/SchemaTransformation

Transform a collection of JSON documents into a relational database.

Primary LanguageJava

Transformation of NoSQL-Data (JSON) in relational databases

This is a prototype for my Bachelor thesis "Data-Integration pipeline for the transformation of NoSQL-Data (JSON) in relational databases" at the University of Rostock. It allows the transformation of a document collection from MongoDB into a MySQL database.

The theory behind it can be read in the (German) Bachelor thesis itself (see paper.pdf).

TL;DR; version of the concept:

  • Objects become relations, with properties being attributes
  • Arrays become relations, with each element being a single tuple
  • Nested objects/arrays lead to new relations
  • Relations can potentially be inlined or merged into each other

Requirements

This project has four requirements to your system. Version numbers represent what I used. Older version might work, but aren't tested.All further dependencies are managed through the Gradle build file as listed in the following section.

  • Java 1.7
  • Gradle 2.5
  • MongoDB 3.2.6
  • MySQL 5.5.5

Dependencies

Installation

The installation procress should be straight forward.

  1. git clone https://https://github.com/fbeuster/SchemaTransformation.git
  2. Open folder in IntelliJ and follow the import dialog
  3. Make project
  4. Configure your environment (see below).
  5. Run Main class

At least in theory. This is a prototype so everything can happen.
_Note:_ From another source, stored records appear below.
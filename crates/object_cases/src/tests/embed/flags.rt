//! Pending, active and deactivate, and the earliest time.

use super::replies::{SECOND, Told};
use super::tested::{EAGAIN, MPSAFE, NEVER, Row, Step};

pub(crate) const LISTS: &[&[Row]] = &[
    // Armed: pending and active. A deactivate clears active alone.
    &[
        (Step::Init(0, MPSAFE), 0, Told::Any),
        (Step::Pending(0), 0, Told::Any),
        (Step::Active(0), 0, Told::Any),
        (Step::Reset(0, SECOND, 8), 0, Told::Any),
        (Step::Pending(0), 1, Told::Any),
        (Step::Active(0), 1, Told::Any),
        (Step::Deactivate(0), 0, Told::Any),
        (Step::Pending(0), 1, Told::Any),
        (Step::Active(0), 0, Told::Any),
    ],
    // Not pending once it is in service, but active still, until it is stopped: its function's run does not clear that.
    &[
        (Step::Init(0, MPSAFE), 0, Told::Any),
        (Step::Reset(0, SECOND, 8), 0, Told::Any),
        (Step::Advance(SECOND), 1, Told::Any),
        (Step::Next, 0, Told::Any),
        (Step::Pending(0), 0, Told::Any),
        (Step::Active(0), 1, Told::Any),
        (Step::End, 0, Told::Any),
        (Step::Active(0), 1, Told::Any),
        (Step::Stop(0), 0, Told::Any),
        (Step::Active(0), 0, Told::Any),
    ],
    // Nothing is due before it. It is the first of what waits, or the last advance's time where something has come due, and none
    // exactly where nothing is armed.
    &[
        (Step::Init(0, MPSAFE), 0, Told::Any),
        (Step::Init(1, MPSAFE), 0, Told::Any),
        (Step::Earliest, NEVER, Told::Any),
        (Step::Reset(0, 900 * SECOND, 8), 0, Told::Any),
        (Step::Reset(1, 2 * SECOND + 7, 8), 0, Told::Any),
        (Step::Earliest, 8_589_934_599, Told::Any),
        (Step::Advance(2 * SECOND + 6), 0, Told::Any),
        (Step::Advance(3 * SECOND), 1, Told::Any),
        (Step::Earliest, 12_884_901_888, Told::Any),
        (Step::Next, 0, Told::Any),
        (Step::Earliest, 3_865_470_566_400, Told::Any),
        (Step::End, 0, Told::Any),
        (Step::Next, EAGAIN, Told::Any),
        (Step::Stop(0), 0, Told::Any),
        (Step::Earliest, NEVER, Told::Any),
    ],
];
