//! Drains, and asynchronous ones.

use super::replies::{SECOND, Told};
use super::tested::{MPSAFE, MUTEX, Row, Step};

pub(crate) const LISTS: &[&[Row]] = &[
    // At rest.
    &[
        (Step::Init(0, MPSAFE), 0, Told::Any),
        (Step::DrainTry(0, false), 0, Told::Drained(-1, 0)),
        (Step::Reset(0, SECOND, 8), 0, Told::Any),
        (Step::DrainTry(0, false), 0, Told::Drained(1, 1)),
        (Step::Advance(SECOND), 0, Told::Any),
    ],
    // It takes away what is armed, waits for the end of the service, which says so, and its code is 1 then.
    &[
        (Step::Init(0, MPSAFE), 0, Told::Any),
        (Step::Reset(0, SECOND, 8), 0, Told::Any),
        (Step::Advance(SECOND), 1, Told::Any),
        (Step::Next, 0, Told::Any),
        (Step::Reset(0, 2 * SECOND, 8), 0, Told::Any),
        (Step::DrainTry(0, false), 0, Told::Wait(1)),
        (Step::Reset(0, 3 * SECOND, 8), 0, Told::NotArmed),
        (Step::End, 0, Told::Ended(0, 1)),
        (Step::DrainTry(0, true), 0, Told::Drained(1, 0)),
    ],
    // Its code is -1 where there was nothing to take away, and nothing is armed after it.
    &[
        (Step::Init(0, MPSAFE), 0, Told::Any),
        (Step::Reset(0, SECOND, 8), 0, Told::Any),
        (Step::Advance(SECOND), 1, Told::Any),
        (Step::Next, 0, Told::Any),
        (Step::DrainTry(0, false), 0, Told::Wait(0)),
        (Step::End, 0, Told::Ended(0, 1)),
        (Step::DrainTry(0, false), 0, Told::Drained(-1, 0)),
    ],
    // At rest it is a stop, and no end names its function.
    &[
        (Step::Init(0, MPSAFE), 0, Told::Any),
        (Step::AsyncDrain(0, 600), 0, Told::Stopped(-1, 0)),
        (Step::Reset(0, SECOND, 8), 0, Told::Any),
        (Step::AsyncDrain(0, 600), 0, Told::Stopped(1, 1)),
        (Step::Reset(0, SECOND, 8), 0, Told::Any),
        (Step::Advance(SECOND), 1, Told::Any),
        (Step::Next, 0, Told::Any),
        (Step::End, 0, Told::Ended(0, 0)),
    ],
    // Where its function runs the answer is 0, and the end of that service names the function, once.
    &[
        (Step::Init(0, MPSAFE), 0, Told::Any),
        (Step::Reset(0, SECOND, 8), 0, Told::Any),
        (Step::Advance(SECOND), 1, Told::Any),
        (Step::Next, 0, Told::Any),
        (Step::AsyncDrain(0, 600), 0, Told::Stopped(0, 0)),
        (Step::AsyncDrain(0, 700), 0, Told::Busy),
        (Step::Reset(0, 2 * SECOND, 8), 0, Told::NotArmed),
        (Step::End, 0, Told::Ended(600, 0)),
        (Step::Reset(0, 2 * SECOND, 8), 0, Told::Any),
        (Step::Advance(2 * SECOND), 1, Told::Any),
        (Step::Next, 0, Told::Any),
        (Step::End, 0, Told::Ended(0, 0)),
    ],
    // A call that waits for its lock is not cancelled by it.
    &[
        (Step::Init(0, MUTEX), 0, Told::Any),
        (Step::Reset(0, SECOND, 8), 0, Told::Any),
        (Step::Advance(SECOND), 1, Told::Any),
        (Step::Next, 0, Told::Any),
        (Step::AsyncDrain(0, 600), 0, Told::Stopped(0, 0)),
        (Step::Begin, 0, Told::GoOn(8)),
        (Step::End, 0, Told::Ended(600, 0)),
    ],
];
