//! The word of an actor.
ghost use Rattle.std.specs.Prelude.{◌≡◌, ◌∷◌, decimal};
ghost use Rattle.co_grammar.specs.Spelling.{actor_word};

use co_program::{Role, Script, role_of};

/// The letter and the number of an actor's word, as `c` and 0: of a client, a CPU, or an interrupt.
pub fn actor_name(script: &Script, actor: u32) -> (u8, u64)
    ensures { result.0 ∷ decimal result.1 ≡ actor_word script.now actor }
{
    match role_of(script, actor) {
        Role::Client(client) => (b'c', u64::from(client)),
        Role::Cpu(cpu) => (b'p', u64::from(cpu)),
        Role::Interrupt(cpu) => (b'h', u64::from(cpu)),
    }
}
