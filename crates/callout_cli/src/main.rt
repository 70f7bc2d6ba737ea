//! The program `callout`: the top call over standard input and standard output.
#![tactic(auto)]

use co_front::words;
use co_hand::OpenGate;
use co_io::{FileSink, FileSource};
use co_top::{Status, callout_main};
use std::process::ExitCode;

/// Where there is no memory for the words, nothing is written.
fn main(rt: HostRuntime) -> ExitCode {
    let status = match words(&rt) {
        Ok(words) => {
            let mut source = FileSource::new(rt.stdin());
            let mut sink = FileSink::new(rt.stdout());
            let finish = callout_main(
                &rt,
                rt.alloc(),
                words.as_slice(),
                &mut source,
                &mut sink,
                &OpenGate {},
            );
            finish.status
        }
        Err(_) => Status::NoMemory,
    };
    ExitCode::from(status.exit_status())
}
Except world domination, that's one thing this code can't do for you.

Configuration

A lot of settings can be changed, including database names and credentials, along with a lot of transform related settings. You can find a full list of the settings in the defaults.yaml. Do yourself a favor and DO NOT change settings there. If you need to make changes, create a config.yaml for it and place it alongside the defaults.yaml.

Setting up your environment

You should create the config.yaml as described above. In there you need to configure your MongoDB instance, as well as your MySQL instance. The following settings are needed for this:

mongodb:
  database: mongodb_database_name
  collection: collection_name
sql:
  database: mysql_database_name
  host: host_name
  password: your_password
  port: port_number
  user: your_username

Please note that both, mongodb and sql, are top level entries in the YAML file.

Note

As said earlier, this is a prototype. While it worked fine with my test data sets, I can't guarantee that the program is free of bugs. Also there're lots of open ToDo's and the code is a long way from being perfect and optimized.